The concept of and strategies for guarding one’s wealth. Asset protection is a type of planning intended to protect one’s assets from creditor claims. Individuals and business entities use asset protection techniques to limit creditor’s access to certain valuable assets, while operating within the bounds of debtor-creditor law.
Asset protection helps insulate assets in a legal manner- without engaging in the illegal practices of concealment (hiding of the assets), contempt, fraudulent transfer (as defined in the 1984 Uniform fraudulent Transfer Act), tax evasion or bankruptcy fraud. Experts advise that effective asset protection begins before a claim or liability occurs, since it is usually too late to initiate any worthwhile protection after the fact. Some common methods for asset protection include asset protection trusts, accounts- receivable financing and family limited partnerships.
Our team of experts are also going to help in other areas in which your assets might be at risk. Some of these are malpractice suits, divorce, creditors or employee law suits.
LLC vs Corporation
Below we have listed some of the main questions people have about company structures and general answers in a side-by-side format. If you’re wondering the differences between an LLC versus Corporation, this may help you decide what entity is best for you. We also offer aged corporations.
Mergers and Acquisitions:
Mergers and Acquisitions (M & A) are transactions in which the ownership of companies, other business organizations or their operating units are transferred or combined. As an aspect of strategic management, M & A can allow enterprises to grow, shrink, change the nature of their business or improve their competitive position.
From a legal point of view, a merger is a legal consolidation of two entities into one entity, whereas an acquisition occurs when one entity takes ownership of another entity’s stock, equity interests or assets. From a commercial and economic point of view, both types of transactions generally result in the consolidation of assets and liabilities under one entity, and the distinction between a “merger” and an “acquisition” is less clear. A transaction legally structured as a merger may have the effect of placing one party’s business under the indirect ownership of the other party’s shareholders, while a transaction legally structured as an acquisition may give each party’s shareholders partial ownership and control of the combined enterprise.
Succession Planning aims to ensure that when you retire or die, not only will your business continue according to your vision, but your heirs won’t be saddled with a huge tax bill for carrying out your plans.
There are several reasons to have a succession plan in place. First and foremost, a family business in particular needs to make sure they have some kind of succession plan. A succession plan for a family business should address the following questions: do you want your children to take over the business? Some children but not others? Are your children able to take over the business? Or should they just own it and someone else manage? If you die, will your spouse get control of the business? If you sell your business outright to your children, will you pay capital gains?

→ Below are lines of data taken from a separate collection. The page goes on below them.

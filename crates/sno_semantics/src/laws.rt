//! Laws of programs. Each is the contract of a function that does nothing.
ghost use Rattle.sno_semantics.specs.Limits.{LimitIsExact};

/// The limit of statements is exact: a number that lets as many begin as the state still allows ends no run early, and a
/// larger one none later.
pub fn limit_is_exact<Q, R, K>()
    ensures { LimitIsExact Q R K }
{}
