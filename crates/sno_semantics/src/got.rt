//! What comes of an expression.
ghost use Rattle.std.specs.Prelude.{◌≡◌};
ghost use Rattle.sno_semantics.specs.Outcomes.{got_of};

use sno_text::Fault;
use sno_value::{Outcome, Value};

/// How a job ends in the middle of a statement.
#[derive(Clone, Copy)]
pub enum Halt {
    /// A function that was called came to END.
    Normal,
    /// No further statement may begin.
    StatementLimit,
    /// A match has taken as many steps as it may.
    MatchLimit,
    /// There was a fault.
    Fault(Fault),
}

/// What comes of an expression.
#[derive(Drop)]
pub enum Evaluated {
    /// A value.
    Gives(Value),
    /// Failure.
    Fails,
    /// The end of the job.
    Halts(Halt),
}

/// What an operator or a primitive function gave: a fault ends the job.
pub fn got_of(outcome: Outcome) -> Evaluated
    ensures { result ≡ got_of outcome }
{
    match outcome {
        Outcome::Gives(value) => Evaluated::Gives(value),
        Outcome::Fails => Evaluated::Fails,
        Outcome::Faults(fault) => Evaluated::Halts(Halt::Fault(fault)),
    }
}
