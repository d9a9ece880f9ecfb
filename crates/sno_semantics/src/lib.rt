//! What programs mean, over whatever keeps the state of a job.
//!
//! The definitions say what expressions, statements and whole programs do. They know no catalogue, no code and no stack; the
//! crates above turn statements into code, and prove that it does the same.
#![tactic(auto)]

pub mod got;
pub mod laws;

pub use got::{Evaluated, Halt, got_of};
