// smartcore's own functions as definitions over lists and numbers, in specs/. Nothing runs here.

#![tactic(auto)]
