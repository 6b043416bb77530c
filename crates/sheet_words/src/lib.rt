// What the calls for C and Rust say of a training sheet in words: the number and the place of a refusal, and a header.
#![tactic(auto)]

ghost use Rattle.std.specs.Prelude.{◌≡◌, ◌&&◌, eqb, length};
ghost use Rattle.sheet_words.specs.Words.{header-words, header_words, number_by, place_by, number_in, header_in, place_word, place_words, unread};

use c_values::{SETTINGS_WORDS, write_settings};
use refusal::{Refusal, number, place};
use sheet_header::Header;

// ---- a refusal, or none

pub fn number_by(c: Result<(), Refusal>) -> u64
    ensures { result ≡ number_by c }
{
    match c {
        Ok(()) => 0,
        Err(r) => number(r),
    }
}

fn place_by(c: Result<(), Refusal>) -> u64
    ensures { result ≡ place_by c }
{
    match c {
        Ok(()) => 0,
        Err(r) => place(r) as u64,
    }
}

// A slice of the wrong length stays as it was.
pub fn write_place(c: Result<(), Refusal>, out: &mut [u64])
    ensures { out.new ≡ place_word c out.old }
{
    if let [word] = out {
        *word = place_by(c);
    }
}

// Writes the place, and answers the number.
pub fn answer(c: Result<(), Refusal>, place: &mut [u64]) -> u64
    ensures value { result ≡ number_by c }
    ensures place_after { place.new ≡ place_word c place.old }
{
    write_place(c, place);
    number_by(c)
}

// Whether a slice has as many words as it should, and the place its one.
pub fn due(words: usize, number: usize, place: usize) -> bool
    ensures { result ≡ (eqb words number && eqb place 1) }
{
    words == number && place == 1
}

// ---- of a reader

// n, p and the settings.
pub const HEADER_WORDS: usize = 2 + SETTINGS_WORDS;

pub fn number_in(o: Result<Header, Refusal>) -> u64
    ensures { result ≡ number_in o }
{
    number_by(o.map(|_| ()))
}

pub fn answer_read(o: Result<Header, Refusal>, place: &mut [u64]) -> u64
    ensures value { result ≡ number_in o }
    ensures place_after { place.new ≡ place_words o place.old }
{
    answer(o.map(|_| ()), place)
}

fn write_words(h: Header, out: &mut [u64])
    requires { length out.old ≡ header-words }
    ensures { out.new ≡ header_words h }
{
    out[0] = h.n as u64;
    out[1] = h.p as u64;
    write_settings(h.settings, &mut out[2..]);
}

// A refusal leaves the words as they were.
pub fn write_header(o: Result<Header, Refusal>, out: &mut [u64])
    requires { length out.old ≡ header-words }
    ensures { out.new ≡ header_in o out.old }
{
    if let Ok(h) = o {
        write_words(h, out);
    }
}

// Writes header and place, and answers the number.
pub fn tell(o: Result<Header, Refusal>, header: &mut [u64], place: &mut [u64]) -> u64
    requires { length header.old ≡ header-words }
    ensures value { result ≡ number_in o }
    ensures header_after { header.new ≡ header_in o header.old }
    ensures place_after { place.new ≡ place_words o place.old }
{
    write_header(o, header);
    answer_read(o, place)
}

// What is answered where the words have the wrong number: what can be read is refused with 2.
pub fn unheld(o: Result<Header, Refusal>) -> Result<Header, Refusal>
    ensures { result ≡ unread o }
{
    o.and(Err(Refusal::Length))
}
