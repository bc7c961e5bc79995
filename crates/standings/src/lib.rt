// How the open field stands: one match of its text, or of its text with a byte after it. The place where a text died tells whether it was dead before that byte.
#![tactic(auto)]

ghost use Rattle.std.specs.Prelude.{◌<◌, ◌≤◌, [], ◌∷◌, ◌++◌, length};
ghost use Rattle.entry_form.specs.EntryForm.{text_limit};
ghost use Rattle.standings.specs.Stand.{Stands};

use answers::Matched;
use entry_form::TEXT;

// How the text of an open field stands, with a byte after it or not. A dead one has no place: once it is judged whether keys lead there, that tells nothing more.
#[derive(Clone, Copy, PartialEq, Eq)]
pub enum Standing {
    Accepted,
    Unfinished,
    Dead,
}

// How a text stands, of which the first `kept` bytes are in the field; None if no keys lead to the field.
fn of_bytes(room: &[u8], text: &[u8], kept: usize) -> Option<Standing>
    requires { kept ≤ length text.now }
    ensures { Stands room.now text.now kept result }
{
    let Ok(matched) = matching::match_text(room, text) else {
        return None;
    };
    match matched {
        Matched::Accepted => Some(Standing::Accepted),
        Matched::Unfinished => Some(Standing::Unfinished),
        Matched::Dead(place) => {
            if kept == 0 || place > kept {
                Some(Standing::Dead)
            } else {
                None
            }
        }
    }
}

// How the text of an open field stands.
pub fn of_text(room: &[u8], text: &[u8]) -> Option<Standing>
    ensures { Stands room.now text.now (length text.now) result }
{
    of_bytes(room, text, text.len())
}

// How the text of an open field stands with a byte after it.
pub fn of_typed(room: &[u8], text: &[u8], key: u8) -> Option<Standing>
    requires { length text.now < text_limit }
    ensures { Stands room.now (text.now ++ (key ∷ [])) (length text.now) result }
{
    let long = text.len();
    let mut typed = [0u8; TEXT + 1];
    typed[..long].copy_from_slice(text);
    typed[long] = key;
    of_bytes(room, &typed[..long + 1], long)
}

Another important reason to create a succession plan is tax savings. If you die without some kind of plan in place, estate taxes start at 37 percent and ratchet up to a whopping 55 percent fairly quickly. The government gives heirs only nine months to pay this tax, The first thing to do in preparation for succession is to decide who gets the business next. Keep in mind that there’s a big difference between who runs the company and who owns the company; be realistic in your choice. If your kids don’t want anything to do with the business, don’t force them. An uncooperative heir can scuttle the whole plan after you’re gone.
The Ultimate goal of the Exit Planning Process:
Business owner exit planning is a complex process. The ultimate goal is to ensure that owners leave their business when they want to, with the cash they need and with the lowest possible tax implications.
The Steps of the Exit Planning Process
According to the Business Enterprise Institute, the exit planning process has many steps. We provide guidance beginning with the first step that requires the business owner to define the exit objectives to the final step in which the owner has a final personal estate and wealth planning strategy in place. These steps are designed to comprehensively address all of the concerns and issues that will arise during the exit of a privately owned business.
Business Evaluation is a defined process used to estimate the economic value of an owner’s interest in a business. Evaluation is used by financial market participants to determine the price they are willing to pay or receive to effect the sale of a business.
Each business evaluation engagement we undertake is different but there are some similarities as well. In nearly every engagement we run several evaluation models using the following approaches:
Market Approach: using comparable companies as a benchmark, we develop relevant statistics to compare your company and develop a value.
Income Approach: We use the income approach to build a risk profile of the specific company. We then apply that risk rate (“discount rate”) to the subject company often using a discounted cash flow or capitalization of earnings model.
Asset Approach: The asset approach uses both the “hard assets” and intangibles of the company to understand value.
1031 Exchange-Real Estate transaction
The 1031 exchange allows investors to defer capital gains taxes on any exchange of like-kind properties for business or investment purposes.